Lymphocyte isolation, culture and treatment
Mice were anesthetized by intraperitoneal injection of 240 mg/kg 1.25% Avertin before getting sacrificed. The tumors then were isolated and soaked in 70% ethanol for 5 min. The spleens were removed by laparotomy and washed using cold PBS pH 7.4 and passed through a 70 µm Strainer (BD, US) using a plunger of a glass syringe. Lymphocytes were isolated by means of Ficoll density gradient centrifugation as previously described [25].
Aliquots of 2 × 105 cells were resuspended in 200 µl of Roswell Park Memorial Institute Media (RPMI 1640) (Gibco, USA) supplemented with 1× streptomycin and 10% fetal bovine serum (FBS). Twenty µg MHC class I & II restricted viral and hTERT derived peptides were added to each well as shown in Table 3. Experiments were repeated in triplicates and cells were maintained in a humidified incubator for 48h at 37°C with 5% CO2.
Survival analysis
The tumours were harvested on day 18 postinoculation. Subsequently, 20 mice (n = 5 mice/group) were randomly selected for observation of survival, weight changes and tumor sizes. The mice were observed until death or until their tumors size reached 1800 mm3.

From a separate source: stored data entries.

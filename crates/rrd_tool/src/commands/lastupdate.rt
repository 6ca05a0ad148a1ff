//! `lastupdate`: prints the last raw value of each data source (rrdlastupdate). Builds each line without allocating,
//! and then writes the line at once.
ghost use Rattle.std.specs.Prelude.{◌≡◌, ◌≤◌, ◌+◌, ◌++◌, Some, codes, length};
ghost use Rattle.rrd_tool.specs.Names.{raw_text, Writes};
ghost use Rattle.rrd_tool.specs.Words.{header_text, raws_text, Executes};

use super::fetch::header_string;
use crate::Command;
use crate::execution::Outcome;
use arrayvec::ArrayString;
use itoa::Buffer;
use rrd_base::Database;
use rrd_fixed::{Kind, Raw, WriteFault, raw_string, write_bytes};
use std::io::Write;

// Adds a space and the text of a raw value to a line.
fn push_raw(line: &mut ArrayString<4096>, kind: Kind, raw: Raw)
    requires { length line.old.bytes + 49 ≤ 4096 }
    ensures text { line.new.bytes ≡ line.old.bytes ++ codes " " ++ raw_text kind raw }
    ensures room { length line.new.bytes ≤ length line.old.bytes + 49 }
{
    line.push_str(" ");
    line.push_str(raw_string(kind, raw).as_str());
}

// Returns the line with the last time and the raw values.
fn raws_string(database: &Database) -> ArrayString<4096>
    ensures { result.bytes ≡ raws_text database.now.content }
{
    let mut line = ArrayString::new();
    let mut buffer = Buffer::new();
    line.push_str(buffer.format(database.last()));
    line.push_str(":");
    for source in 0..database.sources() {
        push_raw(
            &mut line,
            database.source(source).kind,
            database.last_raw(source),
        );
    }
    line.push_str("\n");
    line
}

// Writes the line with the names of the data sources, and then the line with the raw values.
fn write_raws<W: Write>(out: &mut W, database: &Database) -> Result<(), WriteFault>
    ensures { Writes (W.contents out.old) (W.contents out.new)
        (header_text database.now.content.sources ++ raws_text database.now.content) result }
{
    write_bytes(out, header_string(database).as_str().as_bytes())?;
    write_bytes(out, raws_string(database).as_str().as_bytes())
}

/// Prints the raw values.
pub(crate) fn run<W: Write>(database: Database, out: &mut W) -> Outcome
    ensures { Executes (Some database) Command.LastUpdate (W.contents out.old) (W.contents out.new) result }
{
    let written = write_raws(out, &database);
    Outcome::of_text(database, written)
}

Cell proliferation analysis
Splenocyte proliferation was assessed using a BrdU colorimetric ELISA (Roche) according to the manufacturer’s instructions. In brief, splenocytes were incubated with 10 mg/ml MUC1 (HGVTSAPDTRPAPGSTAPPA) peptides or the irrelevant peptide OVA (SIINFEKL) as a control for 72 h. 16BrdU was added to the wells for 18 h and BrdU incorporation into newly synthesized DNA strands was observed.

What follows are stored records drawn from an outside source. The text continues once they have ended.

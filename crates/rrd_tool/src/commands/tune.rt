//! `tune`: changes the settings of sources, or adds or removes an archive (rrdtune).
ghost use Rattle.std.specs.Prelude.{IfOk, List, Option, Some, ℕ};
ghost use Rattle.rrd_tool.specs.Names.{found_of, rows_of};
ghost use Rattle.rrd_tool.specs.Words.{HasApp, archive_tune_of, setting_of, tune_app, tune_of, Executes, Meets};

use super::name::CommandName;
use crate::arguments::{letter_arg, option_arg, text_of, word_arg};
use crate::execution::Outcome;
use crate::fields::{Field, cut, read_optional};
use crate::{Command, LineFault, Part};
use clap::ArgMatches;
use rrd_base::{ArchiveTune, Database, RraDef, Tuning};
use rrd_fixed::Name;
use std::alloc::{AllocError, Global};

/// Returns the shape of the command for clap.
pub(crate) fn shape<'a>(alloc: Global) -> Result<clap::Command<'a>, AllocError>
    ensures { IfOk result (HasApp tune_app) }
{
    CommandName::Tune
        .bare(alloc)
        .arg(option_arg(alloc, "heartbeat", "heartbeat"))?
        .arg(letter_arg(alloc, "minimum", "minimum", 'i'))?
        .arg(letter_arg(alloc, "maximum", "maximum", 'a'))?
        .arg(letter_arg(alloc, "type", "data-source-type", 'd'))?
        .arg(letter_arg(alloc, "rename", "data-source-rename", 'r'))?
        .arg(word_arg(alloc, "definition"))
}

// Parses a name and a new value for the data source of this name, with a colon between them.
impl<T: Field + Drop> Field for (Name, T) {
    ghost meaning = { setting_of T.meaning };

    fn read(text: &str) -> Option<(Name, T)> {
        let (name, value) = cut(text)?;
        let name = Name::read(name)?;
        let value = T::read(value)?;
        Some((name, value))
    }
}

// Parses `RRA:` and an archive to add, or `DELRRA:` and the number of an archive to remove.
impl Field for ArchiveTune {
    ghost meaning = { archive_tune_of };

    fn read(text: &str) -> Option<ArchiveTune> {
        let (tag, rest) = cut(text)?;
        if tag == "RRA" {
            let def = RraDef::read(rest)?;
            Some(ArchiveTune::Add(def))
        } else if tag == "DELRRA" {
            let archive = u64::read(rest)?;
            Some(ArchiveTune::Remove(archive))
        } else {
            None
        }
    }
}

/// Parses the values of the command's arguments.
pub(crate) fn read(matches: &ArgMatches<'_>) -> Result<Command, LineFault>
    ensures { Meets (tune_of (rows_of (found_of matches.now))) result }
{
    let heartbeat = read_optional(Part::Heartbeat, text_of(matches, "heartbeat"))?;
    let minimum = read_optional(Part::Minimum, text_of(matches, "minimum"))?;
    let maximum = read_optional(Part::Maximum, text_of(matches, "maximum"))?;
    let kind = read_optional(Part::Kind, text_of(matches, "type"))?;
    let rename = read_optional(Part::Rename, text_of(matches, "rename"))?;
    let archive = read_optional(Part::Definition, text_of(matches, "definition"))?;
    Ok(Command::Tune(Tuning {
        heartbeat,
        minimum,
        maximum,
        kind,
        rename,
        archive,
    }))
}

/// Changes the settings, or adds or removes the archive.
pub(crate) fn run(alloc: Global, mut database: Database, tuning: &Tuning) -> Outcome
    ensures { (c : Option (List ℕ)) → Executes (Some database) (Command.Tune tuning.now) c c result }
{
    let tuned = database.tune(alloc, tuning);
    Outcome::of_change(database, tuned)
}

Cell viability and proliferation assay
About 1×105 splenic lymphocytes were seeded in 96-well cell culture plates and maintained in a humidified incubator for 24 h at 37°C with 5% CO2. Two µg/ml MHC class I & II restricted viral, hTERT derived peptides, or irrelevant peptides were added to the wells as shown in Table 3 for 72h. Ten µg/ml (PHA) was added in the last 24 h as a positive control. Finally, on the third day, 0.5 mg/ml MTT solution was added to the wells and incubated at 37°C with 5% CO2. After 3 h, 150 µl DMSO4 was added to each well to solubilize formazan crystals formed by viable cells. Absorbance was then measured at 570 nm using a microplate spectrophotometer (Thermo Fisher Scientific; Waltham, MA, USA). The density of formazan formed in control cells was taken as 100% viability. The percentage proliferation was calculated relative to the optical density (OD) of negative control cells.

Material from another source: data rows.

//! `resize`: changes the number of rows of an archive (rrdresize).
ghost use Rattle.std.specs.Prelude.{IfOk, List, Option, Some, ℕ};
ghost use Rattle.rrd_tool.specs.Names.{found_of, rows_of};
ghost use Rattle.rrd_tool.specs.Words.{HasApp, change_of, resize_app, resize_of, Executes, Meets};

use super::name::CommandName;
use crate::arguments::{required_arg, text_of};
use crate::execution::Outcome;
use crate::fields::{Field, read_required};
use crate::{Command, LineFault, Part};
use clap::ArgMatches;
use rrd_base::{Change, Database};
use std::alloc::{AllocError, Global};

/// Returns the shape of the command for clap.
pub(crate) fn shape<'a>(alloc: Global) -> Result<clap::Command<'a>, AllocError>
    ensures { IfOk result (HasApp resize_app) }
{
    CommandName::Resize
        .bare(alloc)
        .arg(required_arg(alloc, "archive"))?
        .arg(required_arg(alloc, "change"))?
        .arg(required_arg(alloc, "rows"))
}

// Parses GROW or SHRINK.
impl Field for Change {
    ghost meaning = { change_of };

    fn read(text: &str) -> Option<Change> {
        if text == "GROW" {
            Some(Change::Grow)
        } else if text == "SHRINK" {
            Some(Change::Shrink)
        } else {
            None
        }
    }
}

/// Parses the values of the command's arguments.
pub(crate) fn read(matches: &ArgMatches<'_>) -> Result<Command, LineFault>
    ensures { Meets (resize_of (rows_of (found_of matches.now))) result }
{
    let archive = read_required(Part::Archive, text_of(matches, "archive"))?;
    let change = read_required(Part::Change, text_of(matches, "change"))?;
    let rows = read_required(Part::Rows, text_of(matches, "rows"))?;
    Ok(Command::Resize {
        archive,
        change,
        rows,
    })
}

/// Adds `rows` rows to the archive with this number, or removes them.
pub(crate) fn run(
    alloc: Global,
    mut database: Database,
    archive: u64,
    change: Change,
    rows: u64,
) -> Outcome
    ensures { (c : Option (List ℕ)) → Executes (Some database) (Command.Resize archive change rows) c c result }
{
    let resized = database.resize(alloc, archive, change, rows);
    Outcome::of_change(database, resized)
}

Detection of interferon (IFN)-γ cytokine
Splenic lymphocytes were cultured as described above and treated with viral and/or hTERT derived peptides conjugated to KLH. The supernatants were harvested after 48h of stimulation with peptides. The concentration of IFN-γ in the supernatants was determined by ELISA (R & D Systems, Minneapolis, MN, USA) according to the manufacturer's instructions with the OD values measured at 450 nm. The concentrations of the samples were then measured by converting absorbance values using a standard curve prepared with serial dilutions of recombinant IFN- γ standards.
Statistical Analysis
Data were analysed using SPSS 20 software (IBM, USA). All values were expressed as the mean ± SD. The differences were determined using the student T-Test for parametric comparison. Survival curves were analysed by a log-rank test. The p-value < 0.05 was considered statistically significant.